TABLE 4 main components and contents of the first precipitate after firing

In the field of nickel cobalt hydrometallurgy, nickel cobalt solution is usually subjected to impurity removal in advance, and then P204 is used for extraction impurity removal to remove impurities such as manganese, zinc, copper, calcium and the like. As can be seen from table 4, the main components of the P204 interphase contaminant are, in addition to the organic phase: the main reasons for precipitation of alkali sulfates or hydroxides of scandium, titanium, zirconium, chromium, iron, silicon, calcium, magnesium, and silica are: because the raw materials have more impurities or the auxiliary materials introduce the impurities, most of the impurities can be extracted and separated through P204, wherein scandium, titanium, zirconium, chromium and the like are difficult to be separated from the extracting agent through a back extraction means of nickel-cobalt hydrometallurgy after being extracted, so that the impurities are always enriched in an organic phase until a high-valence metal ion extract compound in the organic phase is saturated and then separated out, and then the impurities are agglomerated with solid suspended matters, colloidal ferric hydroxide, aluminum hydroxide, silicon dioxide and the like in the solution to form pasty interphase dirt. In combination with the data in tables 1-3, it is clear that the organic phase can be successfully extracted from the interphase contaminants by the process of the present invention.

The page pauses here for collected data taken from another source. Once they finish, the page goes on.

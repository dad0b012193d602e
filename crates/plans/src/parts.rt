//! Whether some parts make a plan within the limits.

ghost use Rattle.std.specs.Prelude.{◌≡◌, ◌<◌, ◌↔◌, All, IsTrue, IfOk};
ghost use Rattle.plans.specs.Plan.{IsClaimWithin, RiseFrom, IsPriority, IsPlan};

use crate::NoMemory;
use crate::claim::Claim;
use limits::{MOST_POSITIONS, MOST_TASKS, MOST_TOTAL};
use permutations::PartialPerm;
use std::alloc::Global;

// Whether a claim is within the limits, and can come after one at this position.
fn is_next(last: u32, claim: &Claim) -> bool
    ensures { IsTrue result ↔ (IsClaimWithin claim.now × (last < claim.now.position)) }
{
    claim.bound.unsigned_abs() <= MOST_TOTAL && claim.rest <= MOST_TOTAL && last < claim.position
}

fn are_claims(claims: &[Claim]) -> bool
    ensures { IsTrue result ↔ (All IsClaimWithin claims.now × RiseFrom 0 claims.now) }
{
    let mut last = 0;
    for claim in claims {
        if !is_next(last, claim) {
            return false;
        }
        last = claim.position;
    }
    true
}

// Whether all of so many tasks are ranked, or none.
fn is_priority(alloc: Global, tasks: u32, priority: &[u32]) -> Result<bool, NoMemory>
    ensures { IfOk result (λ yes. IsTrue yes ↔ IsPriority tasks priority.now) }
{
    if priority.is_empty() {
        return Ok(true);
    }
    let mut ranked = PartialPerm::new(alloc, tasks)?;
    for task in priority {
        if !ranked.takes(u64::from(*task)) {
            return Ok(false);
        }
        ranked.push(*task)?;
    }
    Ok(priority.len() == tasks as usize)
}

/// Whether these parts make a plan: what `Plan::new` asks for. Linear in the parts.
pub fn is_plan(
    alloc: Global,
    order: &[u32],
    peak: u64,
    claims: &[Claim],
    priority: &[u32],
) -> Result<bool, NoMemory>
    ensures { IfOk result (λ yes. IsTrue yes
        ↔ IsPlan (record { order = order.now; peak = peak; claims = claims.now; priority = priority.now })) }
{
    if order.len() as u64 > MOST_TASKS || peak > MOST_TOTAL {
        return Ok(false);
    }
    if claims.len() as u64 > MOST_POSITIONS || !are_claims(claims) {
        return Ok(false);
    }
    is_priority(alloc, order.len() as u32, priority)
}
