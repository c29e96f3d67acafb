// The numbers of units.
ghost use Rattle.std.specs.Prelude.{◌≡◌, ◌≤◌};
ghost use Rattle.unit_calls.specs.CallsMade.{unit_number};

/// The number of the unit that a number names: no unit has one above 15, or 0.
#[tactic(auto, unfolding(crate::specs::CallsMade::unit_number))]
pub fn unit_number(n: u64) -> u32
    ensures number { result ≡ unit_number n }
    ensures few { result ≤ 15 }
{
    if n <= 15 { n as u32 } else { 0 }
}
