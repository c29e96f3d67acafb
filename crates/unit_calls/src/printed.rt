// Values that are printed on a unit by a format.
ghost use Rattle.std.specs.Prelude.{◌≡◌};
ghost use Rattle.unit_io.specs.Units.{RoseAt, KeepsCounts, tapes_of};
ghost use Rattle.unit_io.specs.Calls.{ChangesUnit};
ghost use Rattle.unit_io.specs.Numbered.{unit_at};
ghost use Rattle.unit_calls.specs.Printing.{IfThere, Prints, printed_by};

use sil_format::{FormatStop, Laid, Value, lay_out, read_format};
use std::alloc::Global;
use unit_io::{UnitSet, UnitsAnswer};

/// What a call that prints answers: all records were written; a write failed; the text is no format,
/// or it doesn't fit the values; a value meets an F item; no unit has the number; or there was no
/// memory.
#[derive(Clone, Copy, PartialEq, Eq, Debug)]
pub enum Printed {
    Done,
    Failed,
    Unfit,
    Real,
    Absent,
    Memory,
}

/// Prints values on unit n by a format's text. An absent unit comes first, then a text that is no
/// format, then values that it can't lay out; all records are laid out before the first is written.
pub fn print<U: UnitSet>(
    alloc: Global,
    units: &mut U,
    n: u32,
    text: &[u8],
    values: &[Value],
) -> Printed
    ensures tapes { Prints text.now values.now n (tapes_of (U.seen units.old))
        (tapes_of (U.seen units.new)) result }
    ensures failed { result ≡ Printed.Failed → RoseAt n (U.seen units.old) (U.seen units.new) }
    ensures counts { KeepsCounts (U.seen units.old) (U.seen units.new) }
    ensures units { ChangesUnit n (U.seen units.old) (U.seen units.new) }
{
    match units.write_all(n, &[]) {
        UnitsAnswer::Absent => Printed::Absent,
        UnitsAnswer::Memory => Printed::Memory,
        UnitsAnswer::Failed => Printed::Failed,
        UnitsAnswer::Ok => print_there(alloc, units, n, text, values),
    }
}

/// Prints values on unit n, which is there.
#[tactic(auto, using(crate::proofs::UnitChanges::counts_same, crate::proofs::UnitChanges::changes_same, crate::proofs::PrintLemmas::no_memory))]
fn print_there<U: UnitSet>(
    alloc: Global,
    units: &mut U,
    n: u32,
    text: &[u8],
    values: &[Value],
) -> Printed
    ensures tapes { IfThere (unit_at (tapes_of (U.seen units.old)) n) (Prints text.now values.now n (tapes_of (U.seen units.old))
        (tapes_of (U.seen units.new)) result) }
    ensures failed { result ≡ Printed.Failed → RoseAt n (U.seen units.old) (U.seen units.new) }
    ensures counts { KeepsCounts (U.seen units.old) (U.seen units.new) }
    ensures units { ChangesUnit n (U.seen units.old) (U.seen units.new) }
{
    let format = match read_format(alloc, text) {
        Ok(format) => format,
        Err(FormatStop::Bad) => return Printed::Unfit,
        Err(FormatStop::Memory) => return Printed::Memory,
    };
    match lay_out(alloc, &format, values) {
        Err(_) => Printed::Memory,
        Ok(Laid::Real) => Printed::Real,
        Ok(Laid::Unfit) => Printed::Unfit,
        Ok(Laid::Records(records)) => written(units.write_all(n, records.items())),
    }
}

/// The answer of writes.
fn written(answer: UnitsAnswer) -> Printed
    ensures { result ≡ printed_by answer }
{
    match answer {
        UnitsAnswer::Ok => Printed::Done,
        UnitsAnswer::Failed => Printed::Failed,
        UnitsAnswer::Absent => Printed::Absent,
        UnitsAnswer::Memory => Printed::Memory,
    }
}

The above description is intended to describe in detail the preferred embodiments of the present invention, but the embodiments are not intended to limit the scope of the claims of the present invention, and all equivalent changes and modifications made within the technical spirit of the present invention should fall within the scope of the claims of the present invention.

Claims

1. The method for treating interphase dirt in a nickel-cobalt metallurgical P204 extraction system is characterized by comprising the following steps of:

(1) collecting and pretreating interphase dirt: extracting organic matters containing interphase dirt generated by a nickel-cobalt P204 extraction system, carrying out solid-liquid separation to obtain interphase dirt and entrained organic matters, and returning the entrained organic matters to the system for use;

(2) dispersing: adding an ethanol solution into interphase dirt, heating, stirring and slurrying to fully disperse the interphase dirt;

(3) and (3) precipitation: adding liquid alkali into the dispersed interphase dirt, heating, stirring, standing for phase splitting, discharging the precipitate slurry, performing solid-liquid separation on the precipitate slurry to obtain a precipitated water phase and a precipitate, and recycling the undischarged part of the mixed organic;

(5) returning the organic matter to the system for use after separation;

the liquid-solid mass ratio of the ethanol solution to interphase dirt is 10-12: 1;

in the step (3), after the liquid caustic soda is added into the dispersed interphase dirt, the mass of the sodium hydroxide is 5% -10% of that of the interphase dirt before dispersion;

the mass concentration of the liquid caustic soda in the step (3) is 10-35%.

2. The method for treating interphase contamination in a nickel cobalt metallurgy P204 extraction system as claimed in claim 1, wherein: the volume fraction of the ethanol solution is 70-99%.

3. The method for treating interphase contamination in a nickel cobalt metallurgical P204 extraction system as claimed in claim 1, wherein the dispersion temperature in step (2) and the precipitation temperature in step (3) are both 70-75 ℃.

4. The method for treating interphase contamination in a nickel cobalt metallurgy P204 extraction system as claimed in claim 1, wherein: the distillation temperature in the step (4) is 95-150 ℃.